That's a study on Lubricity for ultra low sulfer diesel adding something to replace the sulfer that helped lubricate the fuel pump.

Jelling and cloud points is something totally different.

Mn has 5% soy diesel in winter and 10% in summer which adds lubricity and burning something that I grow.And I have shares in the plant down the road.


----------



## Vol (Jul 5, 2009)

"Jelling and cloud points is something totally different".

Agreed, but the study goes on to say that some of these additives(Opti-Lube XPD) do more than add lubricity;

" These tests prove that often times the fuel we

purchase is not adequately treated and may therefore contribute to
accelerated wear of our fuel delivery systems. For this reason it may be
prudent to use an after market diesel fuel additive to ENSURE adequate
lubrication of the fuel delivery system. Additionally, many additives can offer
added benefits such as Cetane improver, anti-gel agents and water
separators (demulsifiers). Some fuel additives include water emulsifiers that
cause the water to remain in suspension with the fuel. "

Regards, Mike


----------



## IHCman (Aug 27, 2011)

I've always used Power Service additive with good results. We always add it to our bulk tank before the driver fills it so it mixes well while filling. Have run #2 with power service down to -20 in my 01 dodge before with no problems but I prefer a little #1 in the tank when it gets that cold. Right now our farm fuel is mixed 50/50 and also power service in it. I prefer to pay the little extra price for the #1 just for the piece of mind to not be gelled up. The few times I have gelled up tractors I was lucky that they kept running and I was able to just change the filters and add #1. I try to keep a bottle of Emergency 911 behind the seat of my pickup in the winter just in case. Think its also made by Power Service. Handy stuff to have if you start to gel up and can keep the engine running long enough to let it circulate through the fuel system and do its job.


----------



## Brian8 (Dec 8, 2014)

MScowman said:


> I've had an old timer tell me that they are putting ethanol in diesel. Is this true?

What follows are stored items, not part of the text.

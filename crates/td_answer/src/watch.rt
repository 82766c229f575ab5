//! Who watches a table.

use td_lines::Row;
use td_pool::{Unwatched, Watch};

/// A row of a table that is begun: its output, as reports print it, and how many rows of how many
/// are done.
#[derive(Clone, Copy, Debug, Drop)]
pub struct Begun<'a> {
    pub output: &'a str,
    pub done: u64,
    pub rows: u64,
}

/// Who watches a search, or a table of searches, of which it hears each row that is begun, and each
/// that is found.
pub trait TableWatch: Watch {
    ghost use Rattle.std.specs.Prelude.{List, [], ◌∷◌, ◌++◌};
    ghost use Rattle.td_search.specs.Problems.{Problem};
    ghost use Rattle.td_lines.specs.declared.line.Row.{Row};

    /// Between the two moments the watch heard that these rows are found, in order.
    ghost heard: { List Row → Self → Self → Type 0 };

    /// Tells that a row is begun, which is no progress of any search.
    fn begun(&mut self, row: Begun<'_>)
        ensures reported { (asked : Problem) → Self.reported asked self.old self.new }
        ensures heard { heard [] self.old self.new };

    /// Tells that a row is found, which is none either.
    fn found(&mut self, row: &Row)
        ensures reported { (asked : Problem) → Self.reported asked self.old self.new }
        ensures heard { heard (row.now ∷ []) self.old self.new };

    /// It may hear of none.
    ghost heard_nothing: { (watch : Self) → heard [] watch watch };

    /// And of one after another.
    ghost heard_more: { (rows more : List Row) (first then last : Self) → heard rows first then → heard more then last → heard (rows ++ more) first last };
}

impl TableWatch for Unwatched {
    ghost use Rattle.std.specs.Prelude.{⊤};

    ghost heard = { λ _ _ _. ⊤ };

    fn begun(&mut self, _row: Begun<'_>) {}

    fn found(&mut self, _row: &Row) {}

    ghost heard_nothing = { λ _. tt };

    ghost heard_more = { λ _ _ _ _ _ _ _. tt };
}
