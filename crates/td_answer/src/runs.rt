//! Runs of pairs of vectors.

ghost use Rattle.std.specs.Prelude.{◌≡◌, length, map, IfOk};
ghost use Rattle.td_gates.specs.Table.{level_from};
ghost use Rattle.td_circuit.specs.Numbering.{nets, setting};
ghost use Rattle.td_circuit.specs.NetValues.{net_wave};
ghost use Rattle.td_circuit.specs.Run.{Runs};
ghost use Rattle.td_vcd.specs.Writes.{IsRunFor};

use std::alloc::{AllocError, Global};
use td_circuit::Circuit;
use td_domain::Pair;
use td_gates::Level;
use td_run::{Run, waves};

/// The levels of bits.
fn levels(alloc: Global, bits: &[bool]) -> Result<Vec<Level>, AllocError>
    ensures { IfOk result (λ levels. levels.items ≡ map level_from bits.now) }
{
    let mut levels = Vec::new(alloc);
    for bit in bits {
        levels.push(Level::from(*bit))?;
    }
    Ok(levels)
}

/// The run of a pair.
pub(crate) fn run_of(alloc: Global, circuit: &Circuit, pair: &Pair) -> Result<Run, AllocError>
    requires first_fits { length pair.now.first ≡ length circuit.now.netlist.inputs }
    requires second_fits { length pair.now.second ≡ length circuit.now.netlist.inputs }
    ensures runs { IfOk result (λ run. Runs (setting circuit.now) (map level_from pair.now.first) (map level_from pair.now.second)
        (net_wave (nets circuit.now) run.waves)) }
    ensures has { IfOk result (λ run. IsRunFor circuit.now run) }
{
    let first = levels(alloc, pair.first())?;
    let second = levels(alloc, pair.second())?;
    waves(alloc, circuit, &first, &second)
}
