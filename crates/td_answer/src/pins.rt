//! Pins, a character for each input.

ghost use Rattle.std.specs.Char.{encode_utf8};
ghost use Rattle.std.specs.Prelude.{◌≡◌, ◌++◌, ◌∷◌, [], if◌then◌else◌, string_bytes, IfOk, OnOk};
ghost use Rattle.td_certificate.specs.Text.{row, trit, hold, first_trits, second_trits};

use std::alloc::{AllocError, Global};
use td_domain::{Cube, Trit};
use td_lines::Text;

/// The character of a trit.
fn letter(bit: Trit) -> char
    ensures { encode_utf8 result ≡ trit bit ∷ [] }
{
    match bit {
        Trit::Zero => '0',
        Trit::One => '1',
        Trit::Free => '.',
    }
}

/// The byte of a trit.
fn character(bit: Trit) -> &'static [u8]
    ensures { result.now ≡ trit bit ∷ [] }
{
    match bit {
        Trit::Zero => b"0",
        Trit::One => b"1",
        Trit::Free => b".",
    }
}

/// The position of an input's second bit, or of its first, counted from its first.
fn side(second: bool) -> usize
    ensures { result ≡ (if second then 1 else 0) }
{
    usize::from(second)
}

/// Appends a byte for each first bit of the inputs, or for each second bit, or `none`.
#[tactic(auto, using(td_certificate::proofs::Batches::none_pushed))]
pub(crate) fn push_trits(text: &mut Text, pins: &Cube, second: bool) -> Result<(), AllocError>
    ensures { OnOk result (text.new ≡ text.old ++ row trit (if second then second_trits pins.now else first_trits pins.now)) }
{
    if pins.len() < 2 {
        return text.push(b"none");
    }
    for input in 0..pins.len() / 2 {
        text.push(character(pins.trit(2 * input + side(second))))?;
    }
    Ok(())
}

/// Appends a character for each first bit of the inputs, or for each second bit, or `none`.
#[tactic(auto, using(td_certificate::proofs::Batches::none_pushed))]
fn push_letters(text: &mut String, pins: &Cube, second: bool) -> Result<(), AllocError>
    ensures { OnOk result (string_bytes text.new ≡ string_bytes text.old ++ row trit (if second then second_trits pins.now else first_trits pins.now)) }
{
    if pins.len() < 2 {
        return text.push_str("none");
    }
    for input in 0..pins.len() / 2 {
        text.push(letter(pins.trit(2 * input + side(second))))?;
    }
    Ok(())
}

/// A character for each first bit of the inputs, or for each second bit, or `none`.
pub(crate) fn trits(alloc: Global, pins: &Cube, second: bool) -> Result<String, AllocError>
    ensures { IfOk result (λ text. string_bytes text ≡ row trit (if second then second_trits pins.now else first_trits pins.now)) }
{
    let mut text = String::new(alloc);
    push_letters(&mut text, pins, second)?;
    Ok(text)
}

/// Appends a character for each input, whether it is held, or `none`.
fn push_marks(text: &mut String, held: &[bool]) -> Result<(), AllocError>
    ensures { OnOk result (string_bytes text.new ≡ string_bytes text.old ++ row hold held.now) }
{
    if held.is_empty() {
        return text.push_str("none");
    }
    for held in held {
        text.push(if *held { '=' } else { '.' })?;
    }
    Ok(())
}

/// A character for each input, whether it is held, or `none`.
pub(crate) fn marks(alloc: Global, held: &[bool]) -> Result<String, AllocError>
    ensures { IfOk result (λ text. string_bytes text ≡ row hold held.now) }
{
    let mut text = String::new(alloc);
    push_marks(&mut text, held)?;
    Ok(text)
}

As far as I know they aren't but have you been at any diesel pumps that had anything other than ULSD or B-5 b-20? Anything with an E then a number next to the diesel?


----------



## swmnhay (Jun 13, 2008)

I've heard of guys putting gas in #2 diesel instead of #1 in extremely cold weather.Nothing I would ever do.I think this was on the older engines before the high pressure injectors,etc.Truckers mainly,IIRC around 10% gas to diesel mix.


----------



## Brian8 (Dec 8, 2014)

Yea don't add gas to diesel. That's gonna cause you more trouble than you want


----------



## PaulChristenson (Dec 17, 2009)

Winter... http://stanadyneadditives.com/winter-1000/

The rest of the time... http://stanadyneadditives.com/performance-formula/


----------



## sethd11 (Jan 1, 2012)

Cy, I heard that also. My dads dad used to do that way way back. Probably worked extremely well before the advent of 30,000 psi injectors.


----------



## swmnhay (Jun 13, 2008)

sethd11 said:


> Cy, I heard that also. My dads dad used to do that way way back. Probably worked extremely well before the advent of 30,000 psi injectors.


Yea that would get spendy in a hurry.I put a set of aftermarket injectors in my 05 $500 each,Cummins were $800 IIRC.Mechanic said 1 drop of water or even a air bubble can ruin a high pressure injector.Let alone some gas,lol.


----------



## Brian8 (Dec 8, 2014)

Yup gas will make a big problem in a hurry. You used to be able to use transmission fluid in your diesel as a lubricant and was supposed to clean the system. Now that there are so many additives in the tranny fluid it can't burn the additives so that is out now. You can use two stroke oil as an additive and add one quart to your tank every fill up which will lubricate your system and usually quiets the injectors down a lot in the truck. You don't want to use synthetic blends at all. As long as it says TWC-3 your good to go. So that's another option for adding to your truck in the low sulphur battle we have going on now.


----------



## Bonfire (Oct 21, 2012)

Found out today (I asked) that my fuel company is adding a product to their storeage called Ecoclean from a company called Innospec. Know anything about it?


----------



## Vol (Jul 5, 2009)

Bonfire, I found this...quite a broad based company.....be sure and click on the "markets" in the header.

Regards, Mike

http://www.innospecinc.com/market/performance-fuel-specialties/family/ecoclean-r-


----------



## endrow (Dec 15, 2011)

just about everybody uses this in here but were not in Minnesota


----------